Rachel removes herself from the hug and leaves the room. She feels emotion in her throat and wetness at her eyes, but she shakes herself away from these unbidden tears, working her way back toward the front of the hospital.
In ten minutes, she’s walking with Jenny out the double doors of the front entrance. It’s full dark outside now, and with the power out seemingly citywide, the darkness is inky, with virtually no visibility beyond the weak glow of the hospital’s generator-powered lights. Making matters worse, the lingering smoke carries its own blackness across the night. There is no starlight or moonlight.
“Oh my God,” Jenny whispers. “It’s
so dark!”
The blackness takes them both by surprise; it’s almost breathtaking. Rachel surges forward, pulling Jenny with her. She has to get away from this hospital and find her way to her father.
She sees the rear of Susanna’s car, which is now surrounded by other hastily parked vehicles. Her eyes are watering from forcing them open so wide in the darkness. They arrive at the Honda’s trunk, splitting up to go to either side. They fling open the doors and drop into the bucket seats. In the glow of the cabin light, Rachel sees her backpack, undisturbed at Jenny’s feet, and feels a jolt of anticipation. She grabs it and unzips its main pouch, drawing out two of the water bottles. She hands one to Jenny.
“Awesome,” Jenny says, taking it eagerly.
“There’s food in there, too.”
Jenny is already gulping down her water. They both drain the bottles quickly, nearly without taking a break.

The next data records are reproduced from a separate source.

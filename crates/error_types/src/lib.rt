//! Error types: which types a written set denotes, and which types are below which.
#![tactic(auto)]

mod denoted;
mod endings;
mod hierarchy;
mod memory;
mod needs;
mod noerror;
mod reach;
mod reading;
mod row;
mod settle;
mod table;
mod trip;
mod walk;

pub use reading::Reading;
pub use table::TypeTable;
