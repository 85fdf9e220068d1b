//! Loops of facts, and events without effect.

ghost use Rattle.std.specs.Prelude.{◌≡◌, ◌++◌, IfOk, OnOk, filter, length, map};
ghost use Rattle.plain_values.specs.Rising.{RisesWithin};
ghost use Rattle.fact_formulas.specs.Flat.{is_of_root};
ghost use Rattle.model_review.specs.Seen.{is_error_event, root_effects};
ghost use Rattle.model_review.specs.Told.{AddsTold, effect_findings, is_event_of, unreached_of, unreached_told};
ghost use Rattle.model_review.specs.declared.finding.Finding.TheVariants.{InLoop, NoSingle, UnusedEvent};

use crate::finding::{Finding, tell_unless};
use crate::view::View;
use fact_formulas::is_of_root;
use fault_system::FaultSystem;
use plain_values::{List, Mem};
use std::alloc::Global;
use system_review::{Loop, loops, no_single_events, unreached_events, unused_events};

/// Adds the loops of a model, its error events that occur in no formula, those of its events that alone make no fact hold, and what its
/// root tells: that it has no effect, or the events on which none depends.
pub(crate) fn add_told(alloc: Global, found: &mut List<Finding>, view: &View) -> Mem<()>
    requires { RisesWithin 0 (length view.now.system.facts) view.now.effects }
    ensures { OnOk result (AddsTold view.now found.old found.new) }
{
    let system = view.system();
    let effects = view.effects();
    let loops = loops(alloc, system)?;
    let unused = unused_events(alloc, system)?;
    let no_single = no_single_events(alloc, system)?;
    let root = root_effects(alloc, system, effects)?;
    let unreached = unreached_events(alloc, system, root.items())?;
    add_loops(found, loops.items())?;
    add_unused(found, view, unused.items())?;
    add_no_single(found, no_single.items())?;
    add_unreached(alloc, found, view, root.items(), unreached.items())?;
    Ok(())
}

/// Those of some effects that are facts of the root.
fn root_effects(alloc: Global, system: &FaultSystem, effects: &[u32]) -> Mem<List<u32>>
    requires rise { RisesWithin 0 (length system.now.facts) effects.now }
    ensures effects { IfOk result (λ found. found ≡ filter (is_of_root system.now) effects.now) }
    ensures rise { IfOk result (λ found. RisesWithin 0 (length system.now.facts) found) }
{
    let mut found = List::new(alloc);
    for effect in effects {
        found.push_if(*effect, is_of_root(system, *effect))?;
    }
    Ok(found)
}

fn add_loops(found: &mut List<Finding>, loops: &[Loop]) -> Mem<()>
    ensures { OnOk result (found.new ≡ found.old ++ map InLoop loops.now) }
{
    for one in loops {
        found.push(Finding::InLoop(*one))?;
    }
    Ok(())
}

fn add_unused(found: &mut List<Finding>, view: &View, unused: &[u32]) -> Mem<()>
    ensures { OnOk result (found.new ≡ found.old ++ map UnusedEvent (filter (is_error_event view.now) unused.now)) }
{
    for event in unused {
        found.push_if(Finding::UnusedEvent(*event), view.is_error_event(*event))?;
    }
    Ok(())
}

fn add_no_single(found: &mut List<Finding>, events: &[u32]) -> Mem<()>
    ensures { OnOk result (found.new ≡ found.old ++ map NoSingle events.now) }
{
    for event in events {
        found.push(Finding::NoSingle(*event))?;
    }
    Ok(())
}

/// Adds that the root has no effect, or of each component the events on which none of its effects depends.
fn add_unreached(
    alloc: Global,
    found: &mut List<Finding>,
    view: &View,
    effects: &[u32],
    unreached: &[u32],
) -> Mem<()>
    ensures { OnOk result (found.new ≡ found.old ++ effect_findings view.now effects.now unreached.now) }
{
    if effects.is_empty() {
        found.push(Finding::NoEffect)?;
        return Ok(());
    }
    add_unreached_events(alloc, found, view, unreached)
}

fn add_unreached_events(
    alloc: Global,
    found: &mut List<Finding>,
    view: &View,
    unreached: &[u32],
) -> Mem<()>
    ensures { OnOk result (found.new ≡ found.old ++ unreached_told view.now unreached.now) }
{
    let system = view.system();
    for owner in 0..view.instance().components().len() {
        add_unreached_of(alloc, found, system, unreached, owner as u32)?;
    }
    Ok(())
}

fn add_unreached_of(
    alloc: Global,
    found: &mut List<Finding>,
    system: &FaultSystem,
    events: &[u32],
    owner: u32,
) -> Mem<()>
    ensures { OnOk result (found.new ≡ found.old ++ unreached_of system.now events.now owner) }
{
    let own = events_of(alloc, system, events, owner)?;
    let is_none = own.items().is_empty();
    tell_unless(found, is_none, Finding::UnreachedEvents(own))
}

/// Those of some events that are of a component.
fn events_of(alloc: Global, system: &FaultSystem, events: &[u32], owner: u32) -> Mem<List<u32>>
    ensures { IfOk result (λ own. own ≡ filter (is_event_of system.now owner) events.now) }
{
    let mut own = List::new(alloc);
    for event in events {
        own.push_if(*event, is_event_of(system, owner, *event))?;
    }
    Ok(own)
}

/// Whether an event is one of a component.
fn is_event_of(system: &FaultSystem, owner: u32, event: u32) -> bool
    ensures { result ≡ is_event_of system.now owner event }
{
    match system.event(event) {
        Some(info) => info.owner == owner,
        None => false,
    }
}
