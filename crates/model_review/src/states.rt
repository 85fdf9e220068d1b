//! Transitions that are hidden, states that never come about or always hold, and states that nothing looks at.

ghost use Rattle.std.specs.Prelude.{◌≡◌, false, slice_index_or};
ghost use Rattle.model_review.specs.Findings.{count_steps, is_always_state, is_never, is_unused_state, leads_on};

use crate::finding::Finding;
use crate::view::View;
use crate::walks::{ComponentFinding, StateFinding};
use error_behavior::Step;
use error_models::ErrorModel;
use plain_values::{List, Mem};
use std::alloc::Global;

/// The transitions of a component that its composite states hide, if there are any.
#[derive(Clone, Copy)]
pub(crate) struct HiddenTransitions;

impl ComponentFinding for HiddenTransitions {
    ghost use Rattle.std.specs.Prelude.{refl};
    ghost use Rattle.model_review.specs.Findings.{hidden_transitions};

    ghost finding = { λ _ _. hidden_transitions };

    fn tell(
        &self,
        alloc: Global,
        found: &mut List<Finding>,
        view: &View,
        owner: u32,
        model: &ErrorModel,
    ) -> Mem<()> {
        let _ = alloc;
        let _ = view;
        let count = count_steps(model);
        let is_hidden = model.is_composite && count != 0;
        found.push_if(Finding::HiddenTransitions(owner, count), is_hidden)?;
        Ok(())
    }

    ghost nothing = { λ told seen owner. refl };
}

/// How many transitions lead to states that are not initial.
fn count_steps(model: &ErrorModel) -> u32
    ensures { result ≡ count_steps model.now }
{
    let mut count: u32 = 0;
    let _few = model.behavior.steps.len_u32();
    for step in model.behavior.steps.items() {
        if leads_on(model, step) {
            count += 1;
        }
    }
    count
}

/// Whether a transition leads to a state that is not initial.
fn leads_on(model: &ErrorModel, step: &Step) -> bool
    ensures { result ≡ leads_on model.now step.now }
{
    for target in step.targets.items() {
        if !is_marked(model.states.always.items(), *target) {
            return true;
        }
    }
    false
}

fn is_marked(marks: &[bool], number: u32) -> bool
    ensures { result ≡ slice_index_or marks.now number false }
{
    match marks.get(number as usize) {
        Some(mark) => *mark,
        None => false,
    }
}

/// A state of the root, if it is not initial, and the root is never in it.
#[derive(Clone, Copy)]
pub(crate) struct NeverInState;

impl StateFinding for NeverInState {
    ghost use Rattle.model_review.specs.Findings.{never_state};

    ghost finding = { λ _ seen _. never_state seen };

    fn tell(
        &self,
        found: &mut List<Finding>,
        view: &View,
        owner: u32,
        model: &ErrorModel,
        state: u32,
    ) -> Mem<()> {
        let _ = owner;
        let is_never = is_never(view, model, state);
        found.push_if(Finding::NeverState(state), is_never)?;
        Ok(())
    }
}

/// Whether a state of the root is not initial, and it is never in it.
fn is_never(view: &View, model: &ErrorModel, state: u32) -> bool
    ensures { result ≡ is_never view.now model.now state }
{
    !is_marked(model.states.always.items(), state) && !view.may_come(view.state(0, state))
}

/// A state of a component, if it is not initial, and the component is in it where no event occurs.
#[derive(Clone, Copy)]
pub(crate) struct AlwaysInState;

impl StateFinding for AlwaysInState {
    ghost use Rattle.model_review.specs.Findings.{always_state};

    ghost finding = { λ _. always_state };

    fn tell(
        &self,
        found: &mut List<Finding>,
        view: &View,
        owner: u32,
        model: &ErrorModel,
        state: u32,
    ) -> Mem<()> {
        let is_always = is_always_state(view, owner, model, state);
        found.push_if(Finding::AlwaysState(owner, state), is_always)?;
        Ok(())
    }
}

/// Whether a state of a component is not initial, and the component is in it where no event occurs.
fn is_always_state(view: &View, owner: u32, model: &ErrorModel, state: u32) -> bool
    ensures { result ≡ is_always_state view.now owner model.now state }
{
    !is_marked(model.states.always.items(), state) && view.is_always(view.state(owner, state))
}

/// A state of a component other than the root in which it may be, and at which nothing looks.
#[derive(Clone, Copy)]
pub(crate) struct UnusedStates;

impl StateFinding for UnusedStates {
    ghost use Rattle.model_review.specs.Findings.{unused_state};

    ghost finding = { λ _. unused_state };

    fn tell(
        &self,
        found: &mut List<Finding>,
        view: &View,
        owner: u32,
        model: &ErrorModel,
        state: u32,
    ) -> Mem<()> {
        let is_unused = is_unused_state(view, owner, model, state);
        found.push_if(Finding::UnusedState(owner, state), is_unused)?;
        Ok(())
    }
}

/// Whether a component that is not the root may be in a state that is not initial, and nothing looks at it.
fn is_unused_state(view: &View, owner: u32, model: &ErrorModel, state: u32) -> bool
    ensures { result ≡ is_unused_state view.now owner model.now state }
{
    let is_asked = owner != 0 && !is_marked(model.states.always.items(), state);
    is_asked && view.stops(view.state(owner, state))
}
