ghost use Rattle.std.specs.Prelude.{◌≡◌, ◌↔◌, ◌≤◌, ◌<◌, ◌^◌, IfOk, IfErr, IsSome, OnOk, length};
ghost use Rattle.plain_values.specs.Order.{nearer};
ghost use Rattle.noted_refusals.specs.inner.Noted.{noting};
ghost use Rattle.plain_values.specs.inner.Stops.{StopsAtFirst};
ghost use Rattle.error_libraries.specs.Libraries.{HasTooManyTypes, declared_types, greatest_types, libraries_of, table_of, unknown_libraries};
ghost use Rattle.error_libraries.specs.inner.Libraries.{IsOver};
ghost use Rattle.error_libraries.specs.Printed.{name_of};
ghost use Rattle.error_types.specs.NoError.{has_no_error};
ghost use Rattle.error_types.specs.Types.{denoted, text_scope};
ghost use Rattle.error_types.specs.Walk.{set_first};

use crate::denoted::{denoted, memory_of};
use crate::hierarchy::bases_of;
use crate::memory::Memory;
use crate::noerror::any_has_no_error;
use aadl_syntax::{Ref, TypeSet};
use error_libraries::{Declarations, Library, Scope, TypeName, add_named, note_unknown, types_by};
use noted_refusals::Refusals;
use package_index::Index;
use plain_values::{Answer, Code, FirstRefusal, List, Mem, Refusal, Stop};
use profiles::Profile;
use std::alloc::Global;
use std::marker::Model;

/// The error types that the libraries of all packages declare. Contracts see what is known of them.
#[derive(Drop)]
pub struct TypeTable<'i, 'a> {
    declarations: Declarations<'i, 'a>,
    memory: Memory,
}

impl<'i, 'a> Model for TypeTable<'i, 'a> {
    ghost use Rattle.std.specs.Coded.{codes};
    ghost use Rattle.aadl_syntax.specs.contracts.error_model.Condition as condition;
    ghost use Rattle.error_libraries.specs.Libraries.{Table};
    ghost use Rattle.error_types.specs.inner.Rows.{Remembers};

    ghost Value = { Table };

    ghost coded = { Prim.hlevel (codes, condition.the_row.coded) };

    ghost view = { λ t. t.declarations };

    ghost invariant = { λ t. Remembers t.declarations t.memory };
}

impl<'i, 'a> TypeTable<'i, 'a> {
    /// The types of all libraries of the index, read by this profile.
    ///
    /// M8 where more than 1,024 types are declared.
    pub fn new(alloc: Global, profile: Profile, index: &'i Index<'a>) -> Answer<TypeTable<'i, 'a>>
        ensures table { IfOk result (λ table. table ≡ table_of profile index.now) }
        ensures accepted { OnOk result (length (declared_types (libraries_of index.now)) ≤ greatest_types) }
        ensures refused { IfErr result (StopsAtFirst (HasTooManyTypes index.now)) }
    {
        let mut declarations = Declarations::of(alloc, profile, index)?;
        count_declared(alloc, declarations.libraries())?;
        let bases = bases_of(alloc, &mut declarations)?;
        let memory = memory_of(alloc, &declarations, bases.items())?;
        Ok(TypeTable {
            declarations,
            memory,
        })
    }

    /// The profile by which they are read.
    pub fn profile(&self) -> Profile
        ensures { result ≡ self.now.profile }
    {
        self.declarations.profile()
    }

    /// Where a clause or a machine of a package, which uses the types of these libraries, looks for a bare name.
    pub fn text_scope(&self, alloc: Global, home: u32, uses: &[Ref]) -> Mem<Scope>
        ensures { IfOk result (λ scope. scope ≡ text_scope self.now.packages home uses.now) }
    {
        let mut libraries = List::new(alloc);
        add_named(self.declarations.index(), home, uses, &mut libraries)?;
        libraries.push(home)?;
        Ok(Scope {
            package: home,
            libraries,
        })
    }

    /// Notes N2 at each name of a library that a clause or a machine of a package uses, and that means none.
    pub fn note_unknown(&self, home: u32, uses: &[Ref], refusals: &mut Refusals)
        ensures { refusals.new ≡ noting refusals.old (unknown_libraries self.now.packages home uses.now) }
    {
        note_unknown(self.declarations.index(), home, uses, refusals);
    }

    /// The types that a written set denotes in a text, rising. Its first refusal is noted: N2, N7, N8 and P4 of its terms.
    pub fn denote(
        &mut self,
        alloc: Global,
        scope: &Scope,
        set: &'a TypeSet,
        first: &mut FirstRefusal,
    ) -> Mem<List<u32>>
        ensures kept { self.new ≡ self.old }
        ensures denoted { IfOk result (λ types. types ≡ denoted self.old scope.now set.now) }
        ensures first { OnOk result (first.new ≡ nearer first.old (set_first self.old scope.now set.now)) }
    {
        denoted(
            alloc,
            &mut self.declarations,
            &mut self.memory,
            scope,
            set.terms.items(),
            first,
        )
    }

    /// Whether a written set has `noerror` in a text, by itself or by a set that it names.
    pub fn has_no_error(&mut self, alloc: Global, scope: &Scope, set: &'a TypeSet) -> Mem<bool>
        ensures kept { self.new ≡ self.old }
        ensures so { IfOk result (λ so. so ≡ has_no_error self.old scope.now set.now) }
    {
        any_has_no_error(alloc, &mut self.declarations, scope, set.terms.items())
    }

    /// How many types there are.
    pub fn count(&self) -> u32
        ensures { result ≡ length self.now.types }
    {
        self.declarations.types().len() as u32
    }

    /// The name by which the type of a number prints; none where the number is of no type.
    pub fn name(&self, number: u32) -> Option<TypeName<'a>>
        ensures name { result ≡ name_of self.now number }
        ensures known { IsSome result ↔ (number < length self.now.types) }
    {
        match self.declarations.type_id(number) {
            Some(id) => self.declarations.name(id),
            None => None,
        }
    }
}

/// Counts the declared types of all libraries: M8 where there are too many.
fn count_declared(alloc: Global, libraries: &[Library<'_>]) -> Answer<()>
    requires { length libraries.now < 2 ^ 32 }
    ensures accepted { OnOk result (length (declared_types libraries.now) ≤ greatest_types) }
    ensures refused { IfErr result (IsOver libraries.now) }
{
    let declared = types_by(alloc, true, libraries)?;
    if declared.items().len() > 1024 {
        return Err(Stop::Refused(Refusal::of_words(Code::TooManyTypes)));
    }
    Ok(())
}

Rachel twists the key in the ignition, and the Honda cranks to life. The clock in the dash reads 9:14. She pulls out and carefully exits the parking lot, just as another vehicle, a red Jeep, is angling in. The woman behind the wheel is in hysterics, wiping her eyes as she veers around the Honda, coming to an abrupt stop behind two parked cars at the front entrance. Before Rachel can witness another awful display of extreme grief, she turns the Honda onto Lemay, headed south, while Jenny cranes her neck, watching the hospital’s façade recede behind them.
“She’s got a body in her arms,” Jenny says quietly, sadly. “Looks like a child.”
“Yeah,” Rachel says, defeated.
A long moment passes.
“Where do you want to start?” Jenny asks, turning back.
“I think he was at work when it happened,” Rachel replies. “So we’ll start there.”
“Well, what if—”
“He’s alive.”
“Okay, but—”
“I don’t want to talk about that.”
Jenny looks forward at the oncoming road and is quiet. Even after Rachel flips on her high beams, it’s like looking at the world through tunnel vision. There are no vehicles moving at all now, in either direction, just the same halfhearted collisions dotting the road all over the place, butted up against the light poles, guttered, angled over curbs. And as Rachel strains to adjust her eyes in the blackness, she can see indistinct red illumination coming from every car, like crimson jack-o’-lanterns. Rachel points them out sickeningly to Jenny, who visibly shivers.